The conference rooms and breakout spaces show the flexibility of the workplace. These rooms support smaller discussions, private meetings, and quick team conversations. Photographing them clearly helps the viewer understand how the office supports different working styles throughout the day.
The kitchen and all-hands room add another layer to the project. These shared areas are important because they support the full team, not just one department or work mode. In the image set, they help show how the workplace moves from focused work to group connection.
The corridors and adjacent work areas are some of the most important views for understanding the design discipline. The alignment between flooring transitions and soffit edges creates a quiet visual order.
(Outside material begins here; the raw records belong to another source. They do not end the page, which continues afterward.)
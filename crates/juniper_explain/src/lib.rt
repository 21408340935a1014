//! Why a document is not valid, node by node (section 5 of the Specification): [`explain`] gives for each error that
//! [`validate`](juniper_rules::validate) lists one or more explanations, each with its rule, the place of what violates it,
//! and a text with the names.
//!
//! Of one rule the whole definition is the node, and the explanation has the place and the text of the listed error: fields
//! that cannot be merged (5.3.2).
//!
//! [`explain_variables`] says the same of given values of variables, part by part (6.1.2).
#![tactic(auto)]

mod arguments;
mod conditions;
mod definitions;
mod directives;
mod explaining;
mod explanation;
mod fields;
mod given;
mod input_fields;
mod introspection;
pub mod laws;
mod misused;
mod names;
mod nearest;
mod parts;
mod reasons;
mod repeats;
mod rule;
mod sites;
mod spreads;
mod types;
mod undefined;
mod uses;
mod value_parts;
mod variable_values;
mod variables;
mod words;

pub use explaining::explain;
pub use explanation::Explanation;
pub use rule::Rule;
pub use variable_values::{VariableExplanation, explain_variables};
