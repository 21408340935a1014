//! Explanations, and how they are listed.

ghost use Rattle.std.specs.Prelude.{◌≡◌, ◌++◌, ◌∷◌, [], IfOk, OnOk, string_bytes};
ghost use Rattle.juniper_syntax.specs.Positions.{view_position};
ghost use Rattle.juniper_syntax.specs.DocumentView.{view_definition, view_word};
ghost use Rattle.juniper_explain.specs.Adding.{Adds};
ghost use Rattle.juniper_explain.specs.Explanations.{named, whole};

use crate::rule::Rule;
use juniper_rules::start_of;
use juniper_syntax::{Definition, ScalarValue, SourcePosition, Span, Spanning};
use std::alloc::{AllocError, Global};

/// Why a document is not valid, at one node.
#[derive(Debug, Drop, Eq, PartialEq)]
pub struct Explanation {
    /// The rule that the node violates.
    pub rule: Rule,
    /// Where the node starts.
    pub location: SourcePosition,
    /// What is wrong there, with the names.
    pub message: String,
}

/// Adds an explanation.
pub(crate) fn add(
    explanations: &mut Vec<Explanation>,
    rule: Rule,
    location: SourcePosition,
    message: String,
) -> Result<(), AllocError>
    ensures { OnOk result (Adds explanations.old.items explanations.new.items
        (record { rule = rule; place = view_position location; text = string_bytes message } ∷ [])) }
{
    explanations.push(Explanation {
        rule,
        location,
        message,
    })?;
    Ok(())
}

/// What is said of a name.
#[derive(Clone, Copy)]
pub(crate) struct Wording<'t> {
    /// The rule that is violated.
    pub rule: Rule,
    /// What stands before the name.
    pub before: &'t str,
    /// What stands behind it.
    pub after: &'t str,
}

/// Adds that a name violates a rule, where it does.
#[tactic(auto, unfolding(crate::specs::Explanations::named, crate::specs::Explanations::found))]
pub(crate) fn add_named(
    alloc: Global,
    explanations: &mut Vec<Explanation>,
    is_violated: bool,
    word: &Spanning<&str, Span>,
    wording: &Wording<'_>,
) -> Result<(), AllocError>
    ensures { OnOk result (Adds explanations.old.items explanations.new.items
        (named is_violated wording.now.rule (view_word word.now) wording.now.before.now wording.now.after.now)) }
{
    if !is_violated {
        return Ok(());
    }
    let message = around(alloc, wording.before, word.item, wording.after)?;
    add(explanations, wording.rule, word.span.start, message)
}

/// A name between two texts.
fn around(alloc: Global, before: &str, name: &str, after: &str) -> Result<String, AllocError>
    ensures { IfOk result (λ t. string_bytes t ≡ before.now ++ (name.now ++ after.now)) }
{
    format!(in alloc; "{before}{name}{after}")
}

/// Adds that a definition violates a rule, where it does, with the text of the error that is listed.
#[tactic(auto, unfolding(crate::specs::Explanations::whole, crate::specs::Explanations::found))]
pub(crate) fn add_whole<S: ScalarValue>(
    alloc: Global,
    explanations: &mut Vec<Explanation>,
    is_violated: bool,
    rule: Rule,
    definition: &Definition<'_, S>,
) -> Result<(), AllocError>
    ensures { OnOk result (Adds explanations.old.items explanations.new.items (whole is_violated rule (view_definition S.shown definition.now))) }
{
    if !is_violated {
        return Ok(());
    }
    let message = String::from_str(alloc, rule.message())?;
    add(explanations, rule, start_of(definition), message)
}
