//! The spreads and the type conditions of a definition, with their places (section 2.8 of the Specification).

ghost use Rattle.std.specs.Prelude.{◌≡◌, ◌∷◌, [], IfOk, OnOk, option_map};
ghost use Rattle.graphql_spec.specs.Documents as documents;
ghost use Rattle.graphql_spec.specs.Documents.{Selections};
ghost use Rattle.juniper_syntax.specs.DocumentView.{put_selection, view_definition, view_fragment, view_operation, view_selections, view_word};
ghost use Rattle.juniper_explain.specs.Words.{definition_word, joined, view_marked, word_list, words_in, words_of};

use juniper_syntax::{Definition, Fragment, Operation, ScalarValue, Selection, Span, Spanning};
use std::alloc::{AllocError, Global};

/// The names that a definition spreads, and those of its type conditions, each in document order.
#[derive(Drop)]
pub(crate) struct Words<'a> {
    /// The fragments that are spread.
    pub spreads: Vec<Spanning<&'a str, Span>>,
    /// The types in conditions, a fragment's own first.
    pub conditions: Vec<Spanning<&'a str, Span>>,
}

/// The spreads and the conditions of a definition. An error where memory is refused.
pub(crate) fn words_in<'a, S: ScalarValue>(
    alloc: Global,
    definition: &Definition<'a, S>,
) -> Result<Words<'a>, AllocError>
    ensures { IfOk result (λ w. view_marked w ≡ words_of (view_definition S.shown definition.now)) }
{
    match definition {
        Definition::Operation(operation) => words_in_operation(alloc, operation),
        Definition::Fragment(fragment) => words_in_fragment(alloc, fragment),
    }
}

/// Those of an operation.
fn words_in_operation<'a, S: ScalarValue>(
    alloc: Global,
    operation: &Spanning<Operation<'a, S>, Span>,
) -> Result<Words<'a>, AllocError>
    ensures { IfOk result (λ w. view_marked w ≡ words_of (documents.operation (view_operation S.shown operation.now))) }
{
    let mut words = no_words(alloc);
    mark_selections(operation.item.selection_set.as_slice(), &mut words)?;
    Ok(words)
}

/// Those of a fragment.
fn words_in_fragment<'a, S: ScalarValue>(
    alloc: Global,
    fragment: &Spanning<Fragment<'a, S>, Span>,
) -> Result<Words<'a>, AllocError>
    ensures { IfOk result (λ w. view_marked w ≡ words_of (documents.fragment (view_fragment S.shown fragment.now))) }
{
    let mut words = no_words(alloc);
    words.conditions.push(fragment.item.type_condition)?;
    mark_selections(fragment.item.selection_set.as_slice(), &mut words)?;
    Ok(words)
}

/// None yet.
fn no_words<'a>(alloc: Global) -> Words<'a>
    ensures { view_marked result ≡ record { spreads = []; conditions = [] } }
{
    Words {
        spreads: Vec::new(alloc),
        conditions: Vec::new(alloc),
    }
}

/// Adds those of selections.
#[cycle(marking)]
fn mark_selections<'a, S: ScalarValue>(
    selections: &[Selection<'a, S>],
    words: &mut Words<'a>,
) -> Result<(), AllocError>
    ensures { OnOk result (view_marked words.new ≡ joined (view_marked words.old) (words_in (view_selections S.shown selections.now))) }
{
    for selection in selections {
        mark_selection(selection, words)?;
    }
    Ok(())
}

/// Adds those of a selection, before those that follow it.
#[cycle(marking)]
fn mark_selection<'a, S: ScalarValue>(
    selection: &Selection<'a, S>,
    words: &mut Words<'a>,
) -> Result<(), AllocError>
    ensures { OnOk result ((rest : Selections) → joined (view_marked words.new) (words_in rest)
        ≡ joined (view_marked words.old) (words_in (put_selection S.shown selection.now rest))) }
{
    match selection {
        Selection::Field(field) => match &field.item.selection_set {
            Some(below) => {
                mark_selections(below, words)?;
                Ok(())
            }
            None => Ok(()),
        },
        Selection::FragmentSpread(spread) => {
            mark_spread(&spread.item.name, words)?;
            Ok(())
        }
        Selection::InlineFragment(inline) => {
            mark_condition(&inline.item.type_condition, words)?;
            mark_selections(&inline.item.selection_set, words)?;
            Ok(())
        }
    }
}

/// Adds a spread.
fn mark_spread<'a>(name: &Spanning<&'a str, Span>, words: &mut Words<'a>) -> Result<(), AllocError>
    ensures { OnOk result (view_marked words.new ≡ joined (view_marked words.old) (record { spreads = view_word name.now ∷ []; conditions = [] })) }
{
    words.spreads.push(*name)?;
    Ok(())
}

/// Adds a condition, where there is one.
fn mark_condition<'a>(
    condition: &Option<Spanning<&'a str, Span>>,
    words: &mut Words<'a>,
) -> Result<(), AllocError>
    ensures { OnOk result (view_marked words.new ≡ joined (view_marked words.old)
        (record { spreads = []; conditions = word_list (option_map view_word condition.now) })) }
{
    match condition {
        Some(name) => {
            words.conditions.push(*name)?;
            Ok(())
        }
        None => Ok(()),
    }
}

/// The name of a definition; an operation without one has an empty name where it stands itself.
#[tactic(auto, unfolding(crate::specs::Words::definition_word, crate::specs::Words::word_or))]
pub(crate) fn word_of<'a, S: ScalarValue>(definition: &Definition<'a, S>) -> Spanning<&'a str, Span>
    ensures { view_word result ≡ definition_word (view_definition S.shown definition.now) }
{
    match definition {
        Definition::Operation(operation) => match operation.item.name {
            Some(name) => name,
            None => Spanning::new(operation.span, ""),
        },
        Definition::Fragment(fragment) => fragment.item.name,
    }
}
These are the kinds of details that may not be obvious in a quick walkthrough, but they photograph well when the camera is placed with care.
The views toward outdoor landscaping and nearby wetlands or marina areas also matter. They give the project a sense of place and offer visual relief from the interior work environment. For teams using these images in marketing or presentations, that context helps communicate a more complete workplace experience.
Results & How the Client Uses the Images
The final image set gives the project team a polished visual library for website portfolios, print and online marketing, and client presentations. The images show more than individual rooms. They explain how the office, labs, support spaces, and shared areas work together.
For the architect and builder, the photographs help document the quality of the finished tenant improvement. They show planning decisions, material choices, room types, and details that can support future proposals and project conversations.
For the client, the images help communicate the workplace environment without naming the tenant publicly. That is especially useful for confidential life science projects, where the design story can still be shared without exposing sensitive company information.
This kind of assignment benefits from a commercial architecture photographer who understands both the visual and practical realities of finished commercial interiors: access windows, active punch-list work, mixed light, sensitive client names, and the need for ready-to-use deliverables.
Related workplace and life science projects can be viewed in featured work. More information about interior and commercial project photography is available at my services page.
If you’re documenting a completed workplace, lab, or tenant improvement project in the Bay Area, you’re welcome to reach out through contact or check my availability.
Key Takeaways
Design: The project brings labs, office work areas, meeting rooms, and shared spaces into one connected workplace.
Users: The space supports flexible working styles through lounges, small conference rooms, breakout areas, and private phone rooms.
Workplace: Lab and office functions are shown together, helping communicate the full environment of a confidential biotech team.
Photography: A pre-shoot walkthrough helped identify key views, room priorities, light challenges, and important alignment details.
Constraints: Active completion work affected room availability, requiring a flexible schedule throughout the shoot day.
Light Control: Harsh morning sun was managed with curtains, a large black cloth, and post-production compositing for balanced window views.
Details: Flooring transitions aligned with overhead soffit edges became an important visual thread in the image set.
Outcomes: The final photographs support website portfolios, print and online marketing, and client presentations while preserving tenant confidentiality.